'So, Bhonsle Saab,' I said. 'What can I do for you?'
He put his teacup down and sat forward on his chair, very eager. 'Bhai, first we need help with the campaigning. They intimidate our workers when they go out to canvass, only yesterday they pushed around some of our people and grabbed our posters from them. They took two hundred and fifty posters. Later we heard they made a bonfire out of them.'
'And you Rakshaks are so helpless? I've never heard of you people needing to hire anyone. You have your own boys and your own weapons.'
He heard my sneer, and didn't like it. But he was still soft and polite. 'Bhai, we aren't scared of anyone. But I am very junior in our organization, this is my first election, and anyway this constituency is not considered that important. All the resources will go elsewhere. And I know those Congress and RPI bastards have brought in a lot of muscle. Even those Samajwadi fellows, I hear, are planning to strengthen up.'
'All right. So?'
'Once the campaigning stops, on the voting day, those are the crucial hours. We want to make sure that certain people don't vote.'
I laughed. 'Okay. You want the election given to you.'
He wasn't embarrassed. He smiled, and said, 'Yes, bhai.'
'I thought you Rakshaks wanted to clean out corruption in the country.'
'When the whole world is dirty, bhai, you have to get dirty to do any cleaning. We can't fight their money without tricks. Once we are in power, it will all be different. We will change everything.'
'Don't forget me then. Don't forget and clean me out with the general cleaning.'
He held out both his hands towards me. 'You, bhai? No, no, you're our friend, one of us.'
He meant that I was a Hindu, and a Maharashtrian. I didn't care for any of those things, not where business was concerned, but he was reassured that I was Ganesh Gaitonde. I shook his hand, and said, 'We'll meet in a day or two. We'll talk then about how much money will be needed.'
'Bhai, money can be managed. Please take your time to think about it, and just tell us what your requirements are. I think we will need fifty, sixty boys.' He stood up and folded his hands. 'Let me know when to come.'
After he was gone, I said to Paritosh Shah, 'Level-headed chutiya.'
'He's a little mad, like all those Rakshaks.'
Paritosh Shah believed fiercely in profit, and gain was his god, so anyone who let religion interfere in money-making was quite obviously crazy to him.

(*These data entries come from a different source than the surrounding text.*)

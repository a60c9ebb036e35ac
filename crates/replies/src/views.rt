//! Views of the session: its registers, memory, output, breakpoints and instructions.

ghost use Rattle.std.specs.Prelude.{◌≡◌, ◌<◌, ◌≤◌, ◌∷◌, ◌++◌, [], OnErr, Err, length, slice_index};
ghost use Rattle.std.specs.List.{flat_map};
ghost use Rattle.model.specs.Writers.{Writes};
ghost use Rattle.model.specs.Text.{address_part, breaks_line, memory_rows, output_text};
ghost use Rattle.model.specs.Text.{register_line};
ghost use Rattle.model.specs.Disassembly.{bytes_from, rows_in};
ghost use Rattle.replies.specs.Output.{output_rows};

use crate::fault::ReplyFault;
use crate::output::put;
use crate::texts::{address_text, output_head, output_row_text, register_text, row_end, row_text};
use arrayvec::ArrayVec;
use debugger::Session;
use formatting::Text;
use std::io::Write;

/// Writes the register line.
pub fn put_registers<W: Write>(session: &Session, writer: &mut W) -> Result<(), ReplyFault>
    ensures writes { Writes (W.contents writer.old) (W.contents writer.new)
        (register_line session.now.current) result }
    ensures fault { OnErr result (result ≡ Err ReplyFault.Write) }
{
    put(writer, register_text(session).as_slice())
}

/// Writes the bytes of memory from one address to another, a row at a time.
pub fn put_rows<W: Write>(
    session: &Session,
    first: u16,
    last: u16,
    writer: &mut W,
) -> Result<(), ReplyFault>
    ensures writes { Writes (W.contents writer.old) (W.contents writer.new)
        (memory_rows session.now.current.bus.memory first last) result }
    ensures fault { OnErr result (result ≡ Err ReplyFault.Write) }
{
    for row in 0..last.saturating_sub(first) / 16 + 1 {
        let start = first + 16 * row;
        let text = row_text(session, start, row_end(start, last));
        match put(writer, text.as_slice()) {
            Ok(()) => {}
            Err(fault) => return Err(fault),
        }
    }
    Ok(())
}

/// Writes how many bytes of output there are, and the bytes, a row at a time.
pub fn put_output<W: Write>(session: &Session, writer: &mut W) -> Result<(), ReplyFault>
    ensures writes { Writes (W.contents writer.old) (W.contents writer.new)
        (output_text session.now.current.bus.out) result }
    ensures fault { OnErr result (result ≡ Err ReplyFault.Write) }
{
    match put(writer, output_head(session).as_slice()) {
        Ok(()) => put_output_rows(session, writer),
        Err(fault) => Err(fault),
    }
}

/// Writes the output's bytes, 32 a row.
fn put_output_rows<W: Write>(session: &Session, writer: &mut W) -> Result<(), ReplyFault>
    ensures writes { Writes (W.contents writer.old) (W.contents writer.new)
        (output_rows session.now.current.bus.out) result }
    ensures fault { OnErr result (result ≡ Err ReplyFault.Write) }
{
    for row in 0..session.output_len().div_ceil(32) {
        let text = output_row_text(session, 32 * row);
        match put(writer, text.as_slice()) {
            Ok(()) => {}
            Err(fault) => return Err(fault),
        }
    }
    Ok(())
}

/// Writes the breakpoints in order of setting.
pub fn put_breaks<W: Write>(session: &Session, writer: &mut W) -> Result<(), ReplyFault>
    ensures writes { Writes (W.contents writer.old) (W.contents writer.new)
        (breaks_line session.now.breaks) result }
    ensures fault { OnErr result (result ≡ Err ReplyFault.Write) }
{
    match put(writer, b"BREAKS") {
        Ok(()) => put_break_list(session, writer),
        Err(fault) => Err(fault),
    }
}

/// Writes the rest of the line: the addresses, and the line's end.
fn put_break_list<W: Write>(session: &Session, writer: &mut W) -> Result<(), ReplyFault>
    ensures writes { Writes (W.contents writer.old) (W.contents writer.new)
        (flat_map address_part session.now.breaks ++ 10 ∷ []) result }
    ensures fault { OnErr result (result ≡ Err ReplyFault.Write) }
{
    match put_addresses(session, writer) {
        Ok(()) => put(writer, b"\n"),
        Err(fault) => Err(fault),
    }
}

/// Writes the addresses of the breakpoints, each after a space.
fn put_addresses<W: Write>(session: &Session, writer: &mut W) -> Result<(), ReplyFault>
    ensures writes { Writes (W.contents writer.old) (W.contents writer.new)
        (flat_map address_part session.now.breaks) result }
    ensures fault { OnErr result (result ≡ Err ReplyFault.Write) }
{
    for index in 0..session.break_count() {
        let text = break_text(session, index);
        match put(writer, text.as_slice()) {
            Ok(()) => {}
            Err(fault) => return Err(fault),
        }
    }
    Ok(())
}

/// Returns a breakpoint's address after a space.
fn break_text(session: &Session, index: u32) -> Text
    requires { index < length session.now.breaks }
    ensures { result.items ≡ address_part (slice_index session.now.breaks index) }
{
    match session.break_at(index) {
        Some(address) => address_text(address),
        None => Text::new(),
    }
}

/// Writes at most so many instructions of the session's profile as text, from an address on.
///
/// The rows end after $FFFF.
pub fn put_instructions<W: Write>(
    session: &Session,
    address: u16,
    count: u32,
    writer: &mut W,
) -> Result<(), ReplyFault>
    ensures writes { Writes (W.contents writer.old) (W.contents writer.new) (rows_in
        session.now.current.bus.map.profile session.now.current.bus.memory 65535 address count)
        result }
    ensures fault { OnErr result (result ≡ Err ReplyFault.Write) }
{
    let mut next = address as u32;
    for done in 0..count {
        if next > 65535 {
            return Ok(());
        }
        let place = next as u16;
        let bytes = bytes_at(session, place);
        let row = disasm::row_text_in(session.profile(), bytes.as_slice(), place);
        match put(writer, row.text.as_slice()) {
            Ok(()) => {}
            Err(fault) => return Err(fault),
        }
        next += row.len as u32;
    }
    Ok(())
}

/// Returns the bytes of memory that an instruction at an address can have: three, or those to
/// $FFFF.
fn bytes_at(session: &Session, address: u16) -> ArrayVec<u8, 3>
    ensures bytes { result.items ≡ bytes_from session.now.current.bus.memory address }
    ensures some { 1 ≤ length result.items }
    ensures few { length result.items ≤ 3 }
{
    let mut bytes = ArrayVec::new();
    bytes.push(session.peek(address));
    let more = (65535 - address).min(2);
    for place in 0..more {
        bytes.push(session.peek(address + 1 + place));
    }
    bytes
}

The Rakshaks believed in a golden past, and blood and soil, and all such things, which made no sense to Paritosh Shah. I said, 'Not so mad. He's hiring us as much because he doesn't want us to work for one of his opponents as he is hiring us for our help.'
'That is true. I didn't say he was stupid. These Marathas are mad but cunning. You know that.'
'Where are you from?' I said. 'From Bombay?'
'I was born here. My great-grandfather came here from Ahmedabad, we still have relatives there.' He was puzzled. We had known each other for many years but I had never asked these questions. But now since I had asked, he did also. 'And you?' he said. 'Where are you from?'
I waved my arm over my shoulder. 'Somewhere.' I stood up. 'How much do we charge them for an election?' And so we talked about money. It seemed to me that to give somebody an election was to make them a raja, or at least a minor nawab, and so our help was worth a lot. But it seemed that this business of giving and taking elections was an old-established one, and there were already set rates, not princely ones. Twenty-five thousand to each boy, maybe fifty for the controllers. So for only twenty-five, thirty lakhs to us, Bipin Bhonsle would become a member of the Assembly. 'You can buy democracy for that much?' I said to Paritosh Shah.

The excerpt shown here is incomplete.